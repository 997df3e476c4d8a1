//! A host, its controller and sixteen outstanding commands in a heap of fixed size.

use crate::looks::see;
use linked_list_allocator::LocalHeap;
use script_cli::transcripts::{OnBench, play, read_transcript};
use std::alloc::{AllocError, Global};
use std::process::Abort;

/// How many commands are outstanding at once.
const COMMANDS: u16 = 16;

/// The smallest pool for sixteen commands that have a page of data each: the two queues have four pages.
const OPTIONS: &str = "# options: --pages 20 --entries 17 --blocks 16\n";

/// A pool without a command.
const COUNTS: &str = "> counts free 16 queue 4 chain 0 data 0\n";

/// A heap counts its bytes in steps of this many.
const STEP: usize = 16;

/// The smallest heap in which a bench opens.
const OPENS: usize = 107_712;

/// The smallest heap in which the commands are carried through.
const CARRIES: usize = 124_960;

/// A step and its answer, which are written for each command before the next row: what comes before the command's identifier, what comes after it,
/// and the identifier once more, with a number added, before the rest.
type Row = (&'static str, &'static str, Option<u16>, &'static str);

/// The steps from the building of a list to the collection of a command.
const CARRIED: [Row; 8] = [
    ("build 1 ", "\n> build ok\n", None, ""),
    ("submit 1 ", "\n> submit ok\nring 1\n> ring ok\n", None, ""),
    ("fetch 1\n> fetch cid ", " touched 2\n", None, ""),
    ("walk 1 ", "\n> walk more touched -\n", None, ""),
    ("walk 1 ", "\n> walk end touched ", Some(4), "\n"),
    ("complete 1 ", "\n> complete ok touched 3\n", None, ""),
    ("reap 1\n> reap done cid ", " status 0:00\n", None, ""),
    ("collect 1 ", "\n> collect status 0:00\n", None, ""),
];

/// The steps around these: of a Write of a block to each command, and then of a Read of it.
const WRITES: [Row; 2] = [
    (
        "reserve 1 write ",
        " 1 0+512\n> reserve q 1 cid ",
        Some(0),
        " data 1 chain 0\n",
    ),
    ("fill 1 ", " A5\n> fill ok\n", None, ""),
];

const READS: [Row; 1] = [(
    "reserve 1 read ",
    " 1 0+512\n> reserve q 1 cid ",
    Some(0),
    " data 1 chain 0\n",
)];

const GATHERED: [Row; 1] = [("gather 1 ", "\n> gather A5*1,00*511\n", None, "")];

const RELEASED: [Row; 1] = [("release 1 ", "\n> release ok\n", None, "")];

/// Sixteen Writes, and then sixteen Reads of what they wrote.
const COMMANDS_OF_ALL: [&[Row]; 7] = [
    &WRITES, &CARRIED, &RELEASED, &READS, &CARRIED, &GATHERED, &RELEASED,
];

/// A transcript of these steps.
fn transcript_of(alloc: Global, rows: &[&[Row]]) -> Result<String, AllocError> {
    let mut text = String::from_str(alloc, OPTIONS)?;
    for (before, behind, again, rest) in rows.iter().copied().flatten() {
        for cid in 0..COMMANDS {
            write!(text, "{before}{cid}{behind}")?;
            if let Some(more) = again {
                write!(text, "{}", cid.wrapping_add(*more))?;
            }
            text.push_str(rest)?;
        }
    }
    text.push_str(COUNTS)?;
    Ok(text)
}

/// Plays a transcript of steps on a bench in a heap of this many bytes, and sees what comes: these words where the bench is not opened, or at the end
/// of the first answer that differs from the transcript; nothing where it is played as it says. At the end the heap is empty.
fn see_played<R: Abort>(rt: &R, alloc: Global, rows: &[&[Row]], bytes: usize, words: &str) {
    let text = transcript_of(alloc, rows).expect(rt, "memory");
    let transcript = read_transcript(alloc, &text).expect(rt, "a transcript");
    let heap = LocalHeap::new(alloc, bytes).expect(rt, "a heap");
    let mut told = String::new(alloc);
    match OnBench::open(alloc, &heap, transcript.options()) {
        Ok(mut bench) => {
            let found = play(alloc, &mut bench, &transcript).expect(rt, "memory");
            let OnBench {
                alloc: _,
                heap: _,
                bench,
            } = bench;
            let _ended = bench.end();
            if let Some(difference) = found {
                assert!(rt; write!(told, "{difference}").is_ok());
            }
        }
        Err(fault) => assert!(rt; write!(told, "{fault}").is_ok()),
    }
    see(rt, &heap.used(), &0);
    assert!(rt;
        told.ends_with(words) && told.is_empty() == words.is_empty(),
        "{told}"
    );
}

/// A bench opens in a heap, and sixteen commands at once are carried through in a larger one. In one that is a step smaller memory is refused.
#[test]
fn sixteen_commands_fit_a_heap(rt: HostRuntime) {
    let alloc = rt.alloc();
    see_played(&rt, alloc, &[], OPENS - STEP, "memory");
    see_played(&rt, alloc, &[], OPENS, "");
    see_played(&rt, alloc, &COMMANDS_OF_ALL, CARRIES - STEP, "Memory");
    see_played(&rt, alloc, &COMMANDS_OF_ALL, CARRIES, "");
}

------------

=== WORK REQUIRED ===
Search the data for the string "where". List each line that has it.

=== ANSWER SECTION ===
/// Plays a transcript of steps on a bench in a heap of this many bytes, and sees what comes: these words where the bench is not opened, or at the end
/// of the first answer that differs from the transcript; nothing where it is played as it says. At the end the heap is empty.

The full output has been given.